You can include multiple files per line in %files. You can tag files by adding %doc or %config to the line. %doc tells RPM that the file is a documentation file, so that if a user installs the package using --excludedocs, the file is not be installed. %config tells RPM that this is a configuration file. During upgrades, RPM will attempt to avoid overwriting a user’s carefully modified configuration with an RPM-packaged default configuration file.

Be aware that if you list a directory name under %files, RPM includes every file under that directory.

Revving the RPM

Now that your files are in place and your spec file is defined, you are ready to build the actual RPM file. To build it, use the aptly named rpmbuild utility:

$ rpmbuild ‑v ‑bb ‑‑clean SPECS/wget.spec

This command uses the named spec file to build a binary package (-bb for “build binary”) with verbose output (-v). The build utility removes the build tree after the packages are made (--clean). If you also wanted to build the source RPM, specify -ba (“build all”) instead of -bb. (See the rpmbuild man page for a complete list of options.)

rpmbuild performs these steps:

  • Reads and parses the wget.spec file.
  • Runs the %prep section to unpack the source code into a temporary directory. Here, the temporary directory is BUILD.
  • Runs the %build section to compile the code.
  • Runs the %install section to install the code into directories on the build machine.
  • Reads the list of files from the %files section, gathers them up, and creates a binary RPM (and source RPM files, if you elect).

If you examine your $HOME/mywget directory, you should find a new directory named wget-1.12-root. This directory is the proxy for the target destination. You should also find a new directory named RPMS/i386, which should in turn contain your RPM, named wget-1.12-1.i386.rpm. The name of the RPM reflects that this is wget version 1.12 for the i386 processor.

To verify that the RPM contains the proper files, you can use the rpm command, as shown in Listing 4.

Listing 4. Verifying the RPM contents
$ rpm ‑Vp RPMS/i386/wget‑1.12‑1.i386.rpm
missing     /usr/local/bin/wget
.M....G.    /usr/local/etc
missing   c /usr/local/etc/wgetrc
.M....G.    /usr/local/share
missing     /usr/local/share/info
missing   d /usr/local/share/info/
missing     /usr/local/share/locale
missing     /usr/local/share/locale/be
missing     /usr/local/share/locale/be/LC_MESSAGES
missing   d /usr/local/share/locale/be/LC_MESSAGES/

The command rpm -Vp RPMS/i386/wget-1.12-1.i386.rpm verifies the package against the files on the system. Although there are seemingly lots of errors, each is a clue that the contents of the RPM file are correct. If you are expecting a file to be installed and it does not appear in the output, it was not included in the package. In that event, review the spec file and make sure the file is enumerated in the %files section.
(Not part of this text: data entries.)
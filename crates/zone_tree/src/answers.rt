//! What a zone cut and the records of a name answer.

ghost use Rattle.std.specs.Prelude.{◌≡◌, map, None, IfOk, if◌then◌else◌};
ghost use Rattle.std.specs.Option.{option_map};
ghost use Rattle.dns_data.specs.RrType.{type_eq};
ghost use Rattle.dns_data.specs.declared.rr_type.RrType.TheVariants as rr_type;
ghost use Rattle.net_model.specs.declared.found.Found.TheVariants as found_as;
ghost use Rattle.net_model.specs.Lookup.{first_name, answer_of, at_name};
ghost use Rattle.net_model.specs.Zone.{ns_names, targets_at};
ghost use Rattle.zone_tree.specs.Tree.{IsNode, name_of};

use crate::node::NodeId;
use crate::tree::Tree;
use dns_data::{List, Name, NoMemory, Rdata, RrType, copied_data};
use net_model::Found;
use std::alloc::Global;

/// What a zone cut answers: its name servers (RFC 1034 section 4.3.2, step 3b).
pub fn referral(alloc: Global, tree: &Tree<'_>, cut: NodeId) -> Result<Found, NoMemory>
    requires { IsNode tree.now cut }
    ensures { IfOk result (λ answer. answer ≡ found_as.Referral (name_of tree.now cut) (ns_names tree.now.zone (name_of tree.now cut))) }
{
    Ok(Found::Referral {
        cut: tree.name(cut).copy(alloc)?,
        names: copied_names(alloc, tree.name_servers(cut))?,
    })
}

/// What the records of an existing name answer (RFC 1034 sections 3.6.2 and 4.3.2, step 3a).
pub fn at_name(alloc: Global, tree: &Tree<'_>, owner: NodeId, t: RrType) -> Result<Found, NoMemory>
    requires { IsNode tree.now owner }
    ensures { IfOk result (λ answer. answer ≡ at_name tree.now.zone (name_of tree.now owner) t) }
{
    match alias_for(tree, owner, t) {
        Some(target) => Ok(Found::Rewrite {
            by_dname: false,
            owner: tree.name(owner).copy(alloc)?,
            to: target.copy(alloc)?,
        }),
        None => answer_of(alloc, tree.set(owner, t)),
    }
}

/// The target of the alias that a name is for queries of a type other than CNAME.
fn alias_for<'a>(tree: &Tree<'a>, owner: NodeId, t: RrType) -> Option<&'a Name>
    requires { IsNode tree.now owner }
    ensures { option_map (λ target. target.now) result ≡ (if type_eq t rr_type.Cname then None else first_name (targets_at tree.now.zone (name_of tree.now owner) rr_type.Cname)) }
{
    if t.number() == RrType::Cname.number() {
        None
    } else {
        tree.alias(owner)
    }
}

/// The data of a type, or that there are none.
fn answer_of(alloc: Global, items: &[Rdata]) -> Result<Found, NoMemory>
    ensures { IfOk result (λ answer. answer ≡ answer_of items.now) }
{
    let copies = copied_data(alloc, items)?;
    if copies.items().is_empty() {
        return Ok(Found::NoData);
    }
    Ok(Found::Answer(copies))
}

/// Copies of names.
fn copied_names(alloc: Global, names: &[&Name]) -> Result<List<Name>, NoMemory>
    ensures { IfOk result (λ copies. copies ≡ map (λ name. name.now) names.now) }
{
    let mut copies = List::new(alloc);
    for name in names {
        copies.push(name.copy(alloc)?)?;
    }
    Ok(copies)
}
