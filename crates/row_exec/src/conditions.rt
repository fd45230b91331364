// The sixteen conditions of Jcc, SETcc and CMOVcc.
ghost use Rattle.std.specs.Prelude.{◌≡◌};
ghost use Rattle.svm_model.specs.Instructions.Conditions.{even_condition, condition_holds};

use svm_model::Flags;

/// O, B, Z, BE, S, P, L and LE.
fn even_condition(number: u8, flags: Flags) -> bool
    ensures { result ≡ even_condition number flags }
{
    let less = flags.sf != flags.of;
    match number {
        0 => flags.of,
        1 => flags.cf,
        2 => flags.zf,
        3 => flags.cf | flags.zf,
        4 => flags.sf,
        5 => flags.pf,
        6 => less,
        _ => flags.zf | less,
    }
}

/// Whether the condition of this number, of which the low four bits count, holds.
pub fn condition_holds(condition: u8, flags: Flags) -> bool
    ensures { result ≡ condition_holds condition flags }
{
    let holds = even_condition(condition / 2 % 8, flags);
    if condition % 2 == 0 { holds } else { !holds }
}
After you’ve verified the RPM, you can distribute the file to coworkers. Once your colleagues receive the file, they should run rpm to install wget on their own systems:

$ sudo rpm ‑i wget‑1.12‑1.i386.rpm

Other uses for RPM

This brief introduction merely scratches the surface of what’s possible with RPM. Although it is most often used to install software and attendant files, you can package most anything, from system scripts to source code to documentation. And as you’ll see in the second installment of this series, you can also use RPM to patch source code as well as rebuild and reinstall software. The RPM distribution format is found on many Linux systems and is the preferred method to install binary software on Red Hat and Fedora systems, among others.

If you build it and package it with RPM, they will come.